--- Problem requirements ---
Copy every line of the material below word for word.
↓↓↓
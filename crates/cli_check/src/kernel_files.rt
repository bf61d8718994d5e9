//! The kernels of a command line: files, and folders of files.

use cli_common::folders::{files_in, is_folder};
use ebpf_base::{Items, Text};
use std::alloc::AllocError;
use std::cmp::Ordering;

/// A kernel of the command line.
#[derive(Drop)]
pub struct KernelFile {
    /// The path of its file, or of a folder that gives none.
    pub path: Text,
    /// The reason why the folder gives none.
    pub fault: Option<Text>,
}

/// The number of bytes at the front that are digits, or that are none.
fn run_length(bytes: &[u8], digits: bool) -> usize {
    bytes
        .iter()
        .position(|byte| byte.is_ascii_digit() != digits)
        .unwrap_or(bytes.len())
}

/// A run of digits without its zeros at the front.
fn without_zeros(digits: &[u8]) -> &[u8] {
    let zeros = digits
        .iter()
        .position(|digit| *digit != b'0')
        .unwrap_or(digits.len());
    digits.get(zeros..).unwrap_or(digits)
}

/// The order of two runs of digits as numbers of any size.
fn by_number(left: &[u8], right: &[u8]) -> Ordering {
    let left = without_zeros(left);
    let right = without_zeros(right);
    match left.len().cmp(&right.len()) {
        Ordering::Equal => left.cmp(right),
        other => other,
    }
}

/// Whether a run begins with a digit.
fn has_digits(run: &[u8]) -> bool {
    match run.first() {
        Some(byte) => byte.is_ascii_digit(),
        None => false,
    }
}

/// The first run of bytes that are digits, or of bytes that are none, and the rest.
fn first_run(bytes: &[u8]) -> (&[u8], &[u8]) {
    let length = run_length(bytes, has_digits(bytes));
    let run = bytes.get(..length).unwrap_or(bytes);
    let rest = bytes.get(length..).unwrap_or(&[]);
    (run, rest)
}

/// The order of two runs: as numbers where both are digits, else byte by byte.
fn by_run(left: &[u8], right: &[u8]) -> Ordering {
    if has_digits(left) && has_digits(right) {
        return by_number(left, right);
    }
    left.cmp(right)
}

/// The order of two names run by run, where runs of digits are numbers. Names that differ in zeros before a number alone are equal
/// here, and then go by their bytes.
fn compare_names(left: &str, right: &str) -> Ordering {
    let mut left_rest = left.as_bytes();
    let mut right_rest = right.as_bytes();
    for _ in 0..left.len().saturating_add(1) {
        let (left_run, left_behind) = first_run(left_rest);
        let (right_run, right_behind) = first_run(right_rest);
        let order = by_run(left_run, right_run);
        if order != Ordering::Equal {
            return order;
        }
        left_rest = left_behind;
        right_rest = right_behind;
    }
    left.cmp(right)
}

/// Adds kernels by the paths of their files, in the order of their names.
fn add_files(all: &mut Items<KernelFile>, mut paths: Vec<Text>) -> Result<(), AllocError> {
    paths.sort_by(|left, right| compare_names(left.as_str(), right.as_str()))?;
    for path in paths {
        all.push(KernelFile { path, fault: None })?;
    }
    Ok(())
}

/// Adds the files of a folder; the folder itself where it can't be listed or has none.
fn add_folder(
    rt: &HostRuntime,
    all: &mut Items<KernelFile>,
    folder: &str,
) -> Result<(), AllocError> {
    let fault = match files_in(rt, folder)? {
        Ok(paths) => return add_files(all, paths),
        Err(words) => Text::from_string(words),
    };
    all.push(KernelFile {
        path: Text::from_str(rt.alloc(), folder)?,
        fault: Some(fault),
    })?;
    Ok(())
}

/// Adds the file of an argument, or the files of the folder that it is.
fn add_word(rt: &HostRuntime, all: &mut Items<KernelFile>, word: &str) -> Result<(), AllocError> {
    if is_folder(rt, word) {
        return add_folder(rt, all, word);
    }
    let path = Text::from_str(rt.alloc(), word)?;
    all.push(KernelFile { path, fault: None })?;
    Ok(())
}

/// The running kernel's types.
const RUNNING: &str = "/sys/kernel/btf/vmlinux";

/// The kernels of the arguments: files, and the files of folders; without an argument the running one.
pub fn kernel_files(rt: &HostRuntime, words: &[Text]) -> Result<Items<KernelFile>, AllocError> {
    let mut all = Items::new(rt.alloc());
    if words.is_empty() {
        add_word(rt, &mut all, RUNNING)?;
    }
    for word in words {
        add_word(rt, &mut all, word.as_str())?;
    }
    Ok(all)
}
↑↑↑
--- Exercise output ---
filename crates/cli_check/src/kernel_files.rt
repository bf61d8718994d5e9
//! The kernels of a command line: files, and folders of files.

use cli_common::folders::{files_in, is_folder};
use ebpf_base::{Items, Text};
use std::alloc::AllocError;
use std::cmp::Ordering;

/// A kernel of the command line.
#[derive(Drop)]
pub struct KernelFile {
    /// The path of its file, or of a folder that gives none.
    pub path: Text,
    /// The reason why the folder gives none.
    pub fault: Option<Text>,
}

/// The number of bytes at the front that are digits, or that are none.
fn run_length(bytes: &[u8], digits: bool) -> usize {
    bytes
        .iter()
        .position(|byte| byte.is_ascii_digit() != digits)
        .unwrap_or(bytes.len())
}

/// A run of digits without its zeros at the front.
fn without_zeros(digits: &[u8]) -> &[u8] {
    let zeros = digits
        .iter()
        .position(|digit| *digit != b'0')
        .unwrap_or(digits.len());
    digits.get(zeros..).unwrap_or(digits)
}

/// The order of two runs of digits as numbers of any size.
fn by_number(left: &[u8], right: &[u8]) -> Ordering {
    let left = without_zeros(left);
    let right = without_zeros(right);
    match left.len().cmp(&right.len()) {
        Ordering::Equal => left.cmp(right),
        other => other,
    }
}

/// Whether a run begins with a digit.
fn has_digits(run: &[u8]) -> bool {
    match run.first() {
        Some(byte) => byte.is_ascii_digit(),
        None => false,
    }
}

/// The first run of bytes that are digits, or of bytes that are none, and the rest.
fn first_run(bytes: &[u8]) -> (&[u8], &[u8]) {
    let length = run_length(bytes, has_digits(bytes));
    let run = bytes.get(..length).unwrap_or(bytes);
    let rest = bytes.get(length..).unwrap_or(&[]);
    (run, rest)
}

/// The order of two runs: as numbers where both are digits, else byte by byte.
fn by_run(left: &[u8], right: &[u8]) -> Ordering {
    if has_digits(left) && has_digits(right) {
        return by_number(left, right);
    }
    left.cmp(right)
}

/// The order of two names run by run, where runs of digits are numbers. Names that differ in zeros before a number alone are equal
/// here, and then go by their bytes.
fn compare_names(left: &str, right: &str) -> Ordering {
    let mut left_rest = left.as_bytes();
    let mut right_rest = right.as_bytes();
    for _ in 0..left.len().saturating_add(1) {
        let (left_run, left_behind) = first_run(left_rest);
        let (right_run, right_behind) = first_run(right_rest);
        let order = by_run(left_run, right_run);
        if order != Ordering::Equal {
            return order;
        }
        left_rest = left_behind;
        right_rest = right_behind;
    }
    left.cmp(right)
}

/// Adds kernels by the paths of their files, in the order of their names.
fn add_files(all: &mut Items<KernelFile>, mut paths: Vec<Text>) -> Result<(), AllocError> {
    paths.sort_by(|left, right| compare_names(left.as_str(), right.as_str()))?;
    for path in paths {
        all.push(KernelFile { path, fault: None })?;
    }
    Ok(())
}

/// Adds the files of a folder; the folder itself where it can't be listed or has none.
fn add_folder(
    rt: &HostRuntime,
    all: &mut Items<KernelFile>,
    folder: &str,
) -> Result<(), AllocError> {
    let fault = match files_in(rt, folder)? {
        Ok(paths) => return add_files(all, paths),
        Err(words) => Text::from_string(words),
    };
    all.push(KernelFile {
        path: Text::from_str(rt.alloc(), folder)?,
        fault: Some(fault),
    })?;
    Ok(())
}

/// Adds the file of an argument, or the files of the folder that it is.
fn add_word(rt: &HostRuntime, all: &mut Items<KernelFile>, word: &str) -> Result<(), AllocError> {
    if is_folder(rt, word) {
        return add_folder(rt, all, word);
    }
    let path = Text::from_str(rt.alloc(), word)?;
    all.push(KernelFile { path, fault: None })?;
    Ok(())
}

/// The running kernel's types.
const RUNNING: &str = "/sys/kernel/btf/vmlinux";

/// The kernels of the arguments: files, and the files of folders; without an argument the running one.
pub fn kernel_files(rt: &HostRuntime, words: &[Text]) -> Result<Items<KernelFile>, AllocError> {
    let mut all = Items::new(rt.alloc());
    if words.is_empty() {
        add_word(rt, &mut all, RUNNING)?;
    }
    for word in words {
        add_word(rt, &mut all, word.as_str())?;
    }
    Ok(all)
}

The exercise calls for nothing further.